MATERIAL FOR THE TASK:
<<<<

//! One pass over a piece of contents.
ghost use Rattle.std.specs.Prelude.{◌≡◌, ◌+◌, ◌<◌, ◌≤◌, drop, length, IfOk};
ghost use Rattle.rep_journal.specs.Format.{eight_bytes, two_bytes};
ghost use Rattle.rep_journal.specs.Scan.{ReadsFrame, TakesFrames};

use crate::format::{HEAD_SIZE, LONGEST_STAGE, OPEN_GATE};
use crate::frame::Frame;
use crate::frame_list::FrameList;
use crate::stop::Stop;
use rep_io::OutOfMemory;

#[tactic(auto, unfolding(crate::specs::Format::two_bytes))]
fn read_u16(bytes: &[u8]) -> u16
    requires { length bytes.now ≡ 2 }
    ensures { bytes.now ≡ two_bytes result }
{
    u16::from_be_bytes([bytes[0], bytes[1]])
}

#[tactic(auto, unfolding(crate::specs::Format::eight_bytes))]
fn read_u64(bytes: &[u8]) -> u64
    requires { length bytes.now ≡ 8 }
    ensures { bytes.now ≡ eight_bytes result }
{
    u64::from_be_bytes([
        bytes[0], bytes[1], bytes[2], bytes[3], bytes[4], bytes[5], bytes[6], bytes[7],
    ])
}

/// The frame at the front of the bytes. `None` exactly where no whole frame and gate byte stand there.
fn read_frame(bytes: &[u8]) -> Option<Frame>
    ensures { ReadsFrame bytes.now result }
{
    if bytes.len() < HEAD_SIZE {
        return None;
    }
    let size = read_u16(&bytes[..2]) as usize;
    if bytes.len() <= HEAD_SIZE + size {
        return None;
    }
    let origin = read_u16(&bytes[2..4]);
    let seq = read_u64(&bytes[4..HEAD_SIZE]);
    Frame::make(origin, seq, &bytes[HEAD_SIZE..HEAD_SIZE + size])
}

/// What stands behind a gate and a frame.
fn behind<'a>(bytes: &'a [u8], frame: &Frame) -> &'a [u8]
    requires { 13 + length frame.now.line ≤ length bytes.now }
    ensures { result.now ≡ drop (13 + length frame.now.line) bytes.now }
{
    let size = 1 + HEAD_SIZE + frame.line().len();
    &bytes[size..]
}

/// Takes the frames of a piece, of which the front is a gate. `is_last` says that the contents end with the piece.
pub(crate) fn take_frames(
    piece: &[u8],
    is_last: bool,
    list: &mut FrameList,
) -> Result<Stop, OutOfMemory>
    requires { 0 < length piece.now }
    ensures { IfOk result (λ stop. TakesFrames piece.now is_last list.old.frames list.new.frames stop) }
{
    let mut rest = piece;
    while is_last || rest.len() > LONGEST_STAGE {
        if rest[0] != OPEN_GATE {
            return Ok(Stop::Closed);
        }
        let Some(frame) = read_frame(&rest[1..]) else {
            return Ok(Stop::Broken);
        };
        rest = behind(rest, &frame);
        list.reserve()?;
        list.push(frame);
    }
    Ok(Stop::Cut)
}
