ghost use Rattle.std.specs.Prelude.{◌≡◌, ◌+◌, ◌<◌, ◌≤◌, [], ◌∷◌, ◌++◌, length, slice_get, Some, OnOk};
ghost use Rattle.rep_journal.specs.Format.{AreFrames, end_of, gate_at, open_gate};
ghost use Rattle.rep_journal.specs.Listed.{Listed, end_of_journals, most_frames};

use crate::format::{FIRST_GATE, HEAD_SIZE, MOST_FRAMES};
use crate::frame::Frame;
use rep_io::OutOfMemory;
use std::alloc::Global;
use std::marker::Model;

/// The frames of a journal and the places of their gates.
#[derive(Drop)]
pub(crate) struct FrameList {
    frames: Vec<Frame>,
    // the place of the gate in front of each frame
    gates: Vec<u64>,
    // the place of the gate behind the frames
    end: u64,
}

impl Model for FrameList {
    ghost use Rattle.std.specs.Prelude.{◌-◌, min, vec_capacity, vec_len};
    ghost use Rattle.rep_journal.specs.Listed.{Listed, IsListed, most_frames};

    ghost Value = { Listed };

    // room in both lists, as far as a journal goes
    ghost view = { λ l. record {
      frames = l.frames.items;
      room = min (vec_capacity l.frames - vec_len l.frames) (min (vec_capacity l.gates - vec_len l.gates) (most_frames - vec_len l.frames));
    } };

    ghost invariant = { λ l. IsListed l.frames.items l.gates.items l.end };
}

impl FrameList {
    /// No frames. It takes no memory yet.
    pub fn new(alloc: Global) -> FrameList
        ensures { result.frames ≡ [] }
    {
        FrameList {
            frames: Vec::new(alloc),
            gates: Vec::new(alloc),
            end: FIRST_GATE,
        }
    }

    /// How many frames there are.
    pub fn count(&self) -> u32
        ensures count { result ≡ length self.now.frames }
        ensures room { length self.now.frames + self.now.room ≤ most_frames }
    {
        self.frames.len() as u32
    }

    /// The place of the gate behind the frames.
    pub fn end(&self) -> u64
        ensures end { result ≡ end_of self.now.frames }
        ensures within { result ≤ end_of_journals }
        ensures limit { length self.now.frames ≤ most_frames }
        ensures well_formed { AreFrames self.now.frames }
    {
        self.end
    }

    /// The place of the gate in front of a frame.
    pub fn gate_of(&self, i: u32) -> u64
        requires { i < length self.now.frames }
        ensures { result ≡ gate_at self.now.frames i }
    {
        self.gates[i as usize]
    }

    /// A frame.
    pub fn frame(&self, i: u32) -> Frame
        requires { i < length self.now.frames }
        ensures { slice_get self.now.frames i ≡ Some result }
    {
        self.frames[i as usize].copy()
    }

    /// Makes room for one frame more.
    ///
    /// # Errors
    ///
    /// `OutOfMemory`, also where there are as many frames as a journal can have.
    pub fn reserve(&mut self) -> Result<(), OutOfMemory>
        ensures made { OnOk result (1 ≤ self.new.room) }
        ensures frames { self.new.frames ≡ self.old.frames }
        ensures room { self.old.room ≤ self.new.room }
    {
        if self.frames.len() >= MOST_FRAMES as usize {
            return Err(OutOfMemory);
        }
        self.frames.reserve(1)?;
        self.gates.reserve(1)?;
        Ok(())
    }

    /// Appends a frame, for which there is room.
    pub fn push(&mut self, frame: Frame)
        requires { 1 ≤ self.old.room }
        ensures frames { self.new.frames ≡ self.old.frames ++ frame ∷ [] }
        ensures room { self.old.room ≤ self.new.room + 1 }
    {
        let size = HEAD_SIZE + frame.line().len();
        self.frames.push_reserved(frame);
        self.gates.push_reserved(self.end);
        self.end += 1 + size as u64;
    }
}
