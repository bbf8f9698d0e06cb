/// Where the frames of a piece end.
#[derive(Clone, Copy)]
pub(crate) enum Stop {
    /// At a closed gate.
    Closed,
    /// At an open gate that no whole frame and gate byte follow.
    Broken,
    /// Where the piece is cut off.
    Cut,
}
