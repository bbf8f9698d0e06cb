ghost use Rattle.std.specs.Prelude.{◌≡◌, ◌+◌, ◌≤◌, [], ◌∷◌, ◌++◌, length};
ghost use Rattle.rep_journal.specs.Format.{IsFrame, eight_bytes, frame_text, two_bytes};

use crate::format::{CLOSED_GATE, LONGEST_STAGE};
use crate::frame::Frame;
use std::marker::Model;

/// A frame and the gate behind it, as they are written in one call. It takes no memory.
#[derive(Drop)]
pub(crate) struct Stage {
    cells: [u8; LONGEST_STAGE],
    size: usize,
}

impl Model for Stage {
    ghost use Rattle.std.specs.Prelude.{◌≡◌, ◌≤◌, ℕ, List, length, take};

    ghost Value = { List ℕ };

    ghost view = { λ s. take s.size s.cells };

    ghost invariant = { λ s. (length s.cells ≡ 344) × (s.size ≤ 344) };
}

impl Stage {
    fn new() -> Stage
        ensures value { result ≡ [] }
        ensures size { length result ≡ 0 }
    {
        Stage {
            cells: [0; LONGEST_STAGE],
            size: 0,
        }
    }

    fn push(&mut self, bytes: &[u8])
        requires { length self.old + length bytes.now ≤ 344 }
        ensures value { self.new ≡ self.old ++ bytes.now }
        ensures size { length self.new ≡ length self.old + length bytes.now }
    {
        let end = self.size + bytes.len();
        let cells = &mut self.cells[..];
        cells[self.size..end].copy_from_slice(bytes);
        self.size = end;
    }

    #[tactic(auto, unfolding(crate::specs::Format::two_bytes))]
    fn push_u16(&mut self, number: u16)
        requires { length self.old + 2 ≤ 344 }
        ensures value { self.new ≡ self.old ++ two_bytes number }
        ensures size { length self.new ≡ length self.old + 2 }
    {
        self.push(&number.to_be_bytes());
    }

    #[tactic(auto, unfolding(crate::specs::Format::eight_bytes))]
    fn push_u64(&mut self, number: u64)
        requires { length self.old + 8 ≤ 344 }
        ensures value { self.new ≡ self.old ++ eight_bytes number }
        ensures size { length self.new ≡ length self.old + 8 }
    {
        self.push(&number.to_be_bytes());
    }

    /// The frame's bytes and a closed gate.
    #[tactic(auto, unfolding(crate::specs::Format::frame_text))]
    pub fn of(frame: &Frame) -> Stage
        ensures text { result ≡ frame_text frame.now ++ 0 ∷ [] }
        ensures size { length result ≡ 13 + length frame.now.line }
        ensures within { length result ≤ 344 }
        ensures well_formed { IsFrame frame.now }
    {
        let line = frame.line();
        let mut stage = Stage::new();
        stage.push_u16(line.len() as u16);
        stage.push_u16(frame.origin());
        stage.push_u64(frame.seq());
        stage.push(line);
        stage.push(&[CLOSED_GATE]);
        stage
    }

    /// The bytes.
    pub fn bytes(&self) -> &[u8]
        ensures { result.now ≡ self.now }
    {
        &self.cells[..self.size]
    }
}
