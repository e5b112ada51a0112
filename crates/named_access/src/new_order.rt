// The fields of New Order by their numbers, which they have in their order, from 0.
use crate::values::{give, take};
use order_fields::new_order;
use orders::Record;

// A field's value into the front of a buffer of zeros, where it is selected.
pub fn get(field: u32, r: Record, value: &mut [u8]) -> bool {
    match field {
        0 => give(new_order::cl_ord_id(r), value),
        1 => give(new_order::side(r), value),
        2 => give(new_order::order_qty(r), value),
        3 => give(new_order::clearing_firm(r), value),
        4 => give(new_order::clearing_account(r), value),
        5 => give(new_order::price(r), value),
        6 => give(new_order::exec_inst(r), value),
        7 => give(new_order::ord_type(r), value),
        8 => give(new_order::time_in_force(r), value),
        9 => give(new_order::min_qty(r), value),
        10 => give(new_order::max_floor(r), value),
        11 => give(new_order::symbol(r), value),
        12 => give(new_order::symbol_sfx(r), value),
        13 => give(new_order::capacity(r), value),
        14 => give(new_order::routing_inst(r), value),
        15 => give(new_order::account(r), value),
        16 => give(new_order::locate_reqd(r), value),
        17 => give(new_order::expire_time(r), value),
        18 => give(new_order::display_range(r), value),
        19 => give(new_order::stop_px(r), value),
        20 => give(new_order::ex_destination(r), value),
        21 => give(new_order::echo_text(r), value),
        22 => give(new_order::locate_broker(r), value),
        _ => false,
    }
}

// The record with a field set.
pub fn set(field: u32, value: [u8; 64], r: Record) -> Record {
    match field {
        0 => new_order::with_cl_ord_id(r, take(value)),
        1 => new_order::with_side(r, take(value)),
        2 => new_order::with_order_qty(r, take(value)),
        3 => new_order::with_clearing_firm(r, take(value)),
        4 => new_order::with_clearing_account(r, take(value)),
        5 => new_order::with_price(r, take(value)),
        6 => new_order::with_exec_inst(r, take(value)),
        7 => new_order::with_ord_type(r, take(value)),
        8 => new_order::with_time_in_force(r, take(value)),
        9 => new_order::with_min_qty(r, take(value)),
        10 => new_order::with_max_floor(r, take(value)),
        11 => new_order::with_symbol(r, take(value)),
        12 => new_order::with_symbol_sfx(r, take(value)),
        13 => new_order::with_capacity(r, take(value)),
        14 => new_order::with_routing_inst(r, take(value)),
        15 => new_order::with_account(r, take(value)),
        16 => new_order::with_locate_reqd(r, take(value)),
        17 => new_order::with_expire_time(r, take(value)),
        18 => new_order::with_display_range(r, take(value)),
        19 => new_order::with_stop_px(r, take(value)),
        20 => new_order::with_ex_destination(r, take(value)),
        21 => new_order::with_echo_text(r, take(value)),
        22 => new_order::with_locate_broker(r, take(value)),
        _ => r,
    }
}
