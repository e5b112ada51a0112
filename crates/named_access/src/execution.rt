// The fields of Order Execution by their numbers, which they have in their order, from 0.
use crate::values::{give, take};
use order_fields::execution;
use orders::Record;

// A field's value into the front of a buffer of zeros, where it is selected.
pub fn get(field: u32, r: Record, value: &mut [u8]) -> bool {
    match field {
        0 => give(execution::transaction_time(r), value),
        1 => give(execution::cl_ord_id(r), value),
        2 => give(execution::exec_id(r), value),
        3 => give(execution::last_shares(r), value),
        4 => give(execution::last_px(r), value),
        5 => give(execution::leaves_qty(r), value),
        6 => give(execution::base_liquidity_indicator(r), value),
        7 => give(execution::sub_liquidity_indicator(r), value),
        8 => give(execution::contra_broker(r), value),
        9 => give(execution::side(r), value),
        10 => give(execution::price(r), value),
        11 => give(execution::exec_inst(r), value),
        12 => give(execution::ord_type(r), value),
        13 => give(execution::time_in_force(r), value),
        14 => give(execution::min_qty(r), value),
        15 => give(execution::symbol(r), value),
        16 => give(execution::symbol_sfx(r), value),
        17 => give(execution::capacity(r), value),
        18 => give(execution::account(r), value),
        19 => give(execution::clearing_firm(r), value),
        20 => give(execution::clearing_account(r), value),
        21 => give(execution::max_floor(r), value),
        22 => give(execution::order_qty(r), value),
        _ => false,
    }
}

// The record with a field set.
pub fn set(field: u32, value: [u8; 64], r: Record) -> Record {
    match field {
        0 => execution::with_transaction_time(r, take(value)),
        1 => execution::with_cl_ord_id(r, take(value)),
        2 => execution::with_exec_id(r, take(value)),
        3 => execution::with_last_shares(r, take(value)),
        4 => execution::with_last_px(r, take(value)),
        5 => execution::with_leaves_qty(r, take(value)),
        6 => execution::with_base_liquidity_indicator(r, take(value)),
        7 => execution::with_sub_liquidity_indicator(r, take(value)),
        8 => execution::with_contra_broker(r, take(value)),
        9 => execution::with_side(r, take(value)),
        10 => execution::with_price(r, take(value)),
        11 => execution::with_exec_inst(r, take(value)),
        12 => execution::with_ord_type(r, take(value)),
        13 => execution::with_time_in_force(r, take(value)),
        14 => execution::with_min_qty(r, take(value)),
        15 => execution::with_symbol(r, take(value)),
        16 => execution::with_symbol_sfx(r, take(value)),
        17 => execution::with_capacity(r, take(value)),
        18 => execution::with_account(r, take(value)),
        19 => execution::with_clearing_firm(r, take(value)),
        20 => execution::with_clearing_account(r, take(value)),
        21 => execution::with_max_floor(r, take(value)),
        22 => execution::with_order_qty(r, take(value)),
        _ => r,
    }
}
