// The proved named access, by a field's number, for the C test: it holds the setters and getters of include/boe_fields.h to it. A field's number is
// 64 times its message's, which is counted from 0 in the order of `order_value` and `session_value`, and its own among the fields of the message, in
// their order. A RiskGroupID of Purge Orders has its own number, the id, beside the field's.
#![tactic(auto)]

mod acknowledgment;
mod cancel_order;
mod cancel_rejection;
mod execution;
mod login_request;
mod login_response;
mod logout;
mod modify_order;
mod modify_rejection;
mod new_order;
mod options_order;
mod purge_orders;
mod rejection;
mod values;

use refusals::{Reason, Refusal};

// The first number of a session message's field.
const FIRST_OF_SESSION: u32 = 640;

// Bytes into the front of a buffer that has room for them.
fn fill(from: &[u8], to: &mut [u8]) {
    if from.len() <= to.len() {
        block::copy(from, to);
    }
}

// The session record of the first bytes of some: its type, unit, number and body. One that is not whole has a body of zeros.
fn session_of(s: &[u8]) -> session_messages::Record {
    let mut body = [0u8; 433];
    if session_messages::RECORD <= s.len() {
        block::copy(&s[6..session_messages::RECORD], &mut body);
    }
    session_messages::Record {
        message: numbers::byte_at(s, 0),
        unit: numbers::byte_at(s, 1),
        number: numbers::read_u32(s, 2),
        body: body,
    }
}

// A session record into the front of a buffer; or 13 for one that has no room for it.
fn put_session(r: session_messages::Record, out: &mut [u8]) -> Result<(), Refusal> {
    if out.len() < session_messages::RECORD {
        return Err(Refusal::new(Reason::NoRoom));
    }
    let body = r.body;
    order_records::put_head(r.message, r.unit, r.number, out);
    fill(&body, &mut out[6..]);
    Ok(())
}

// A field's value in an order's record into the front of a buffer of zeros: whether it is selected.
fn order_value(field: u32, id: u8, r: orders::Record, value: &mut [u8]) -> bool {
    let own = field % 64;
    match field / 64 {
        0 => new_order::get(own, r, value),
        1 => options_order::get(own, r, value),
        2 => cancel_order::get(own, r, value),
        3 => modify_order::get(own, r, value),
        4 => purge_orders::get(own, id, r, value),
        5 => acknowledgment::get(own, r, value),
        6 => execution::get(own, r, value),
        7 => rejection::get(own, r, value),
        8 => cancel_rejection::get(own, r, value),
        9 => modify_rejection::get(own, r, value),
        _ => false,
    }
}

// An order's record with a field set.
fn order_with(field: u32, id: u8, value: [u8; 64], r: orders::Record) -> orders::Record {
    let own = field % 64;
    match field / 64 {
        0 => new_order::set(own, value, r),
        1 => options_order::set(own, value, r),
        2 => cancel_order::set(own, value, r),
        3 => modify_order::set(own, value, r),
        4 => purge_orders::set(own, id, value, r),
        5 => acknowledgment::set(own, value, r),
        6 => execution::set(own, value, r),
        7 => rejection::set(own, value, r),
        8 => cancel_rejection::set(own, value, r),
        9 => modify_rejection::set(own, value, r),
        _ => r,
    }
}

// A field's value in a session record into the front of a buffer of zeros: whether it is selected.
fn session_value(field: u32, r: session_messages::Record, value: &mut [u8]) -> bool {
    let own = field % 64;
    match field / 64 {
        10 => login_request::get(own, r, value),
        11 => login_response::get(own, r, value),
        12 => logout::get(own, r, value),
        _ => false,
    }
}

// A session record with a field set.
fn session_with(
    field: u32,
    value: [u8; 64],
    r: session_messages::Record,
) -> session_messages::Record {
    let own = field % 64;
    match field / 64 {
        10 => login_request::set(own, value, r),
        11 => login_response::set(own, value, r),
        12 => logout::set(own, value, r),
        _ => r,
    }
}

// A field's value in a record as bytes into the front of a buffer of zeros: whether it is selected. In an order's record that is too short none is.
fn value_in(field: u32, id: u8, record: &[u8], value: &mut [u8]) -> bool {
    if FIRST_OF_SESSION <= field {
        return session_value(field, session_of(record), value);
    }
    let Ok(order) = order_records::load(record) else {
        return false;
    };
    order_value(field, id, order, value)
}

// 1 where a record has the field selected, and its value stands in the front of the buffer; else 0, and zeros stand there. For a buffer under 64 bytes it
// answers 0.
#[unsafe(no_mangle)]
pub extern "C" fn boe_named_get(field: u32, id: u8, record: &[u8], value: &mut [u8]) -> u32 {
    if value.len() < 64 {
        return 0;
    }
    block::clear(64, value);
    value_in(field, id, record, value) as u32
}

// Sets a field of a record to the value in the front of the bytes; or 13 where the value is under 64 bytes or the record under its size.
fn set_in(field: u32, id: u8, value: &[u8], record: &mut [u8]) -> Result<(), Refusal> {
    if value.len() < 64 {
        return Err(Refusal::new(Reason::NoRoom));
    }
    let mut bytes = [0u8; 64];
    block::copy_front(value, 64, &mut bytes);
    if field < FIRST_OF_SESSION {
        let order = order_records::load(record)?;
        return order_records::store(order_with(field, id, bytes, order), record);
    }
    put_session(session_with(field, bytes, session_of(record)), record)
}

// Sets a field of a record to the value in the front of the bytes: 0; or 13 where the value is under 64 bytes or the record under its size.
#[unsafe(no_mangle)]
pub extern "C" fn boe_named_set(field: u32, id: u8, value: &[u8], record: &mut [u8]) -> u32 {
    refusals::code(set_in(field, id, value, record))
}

>>>>

WORK TASK:
Give back the records above exactly, limited to the lines between the one holding "if bytes.len() <= HEAD_SIZE" and the one holding "length frame.now.line ≤", inclusive.

REPLY:
    if bytes.len() <= HEAD_SIZE + size {
        return None;
    }
    let origin = read_u16(&bytes[2..4]);
    let seq = read_u64(&bytes[4..HEAD_SIZE]);
    Frame::make(origin, seq, &bytes[HEAD_SIZE..HEAD_SIZE + size])
}

/// What stands behind a gate and a frame.
fn behind<'a>(bytes: &'a [u8], frame: &Frame) -> &'a [u8]
    requires { 13 + length frame.now.line ≤ length bytes.now }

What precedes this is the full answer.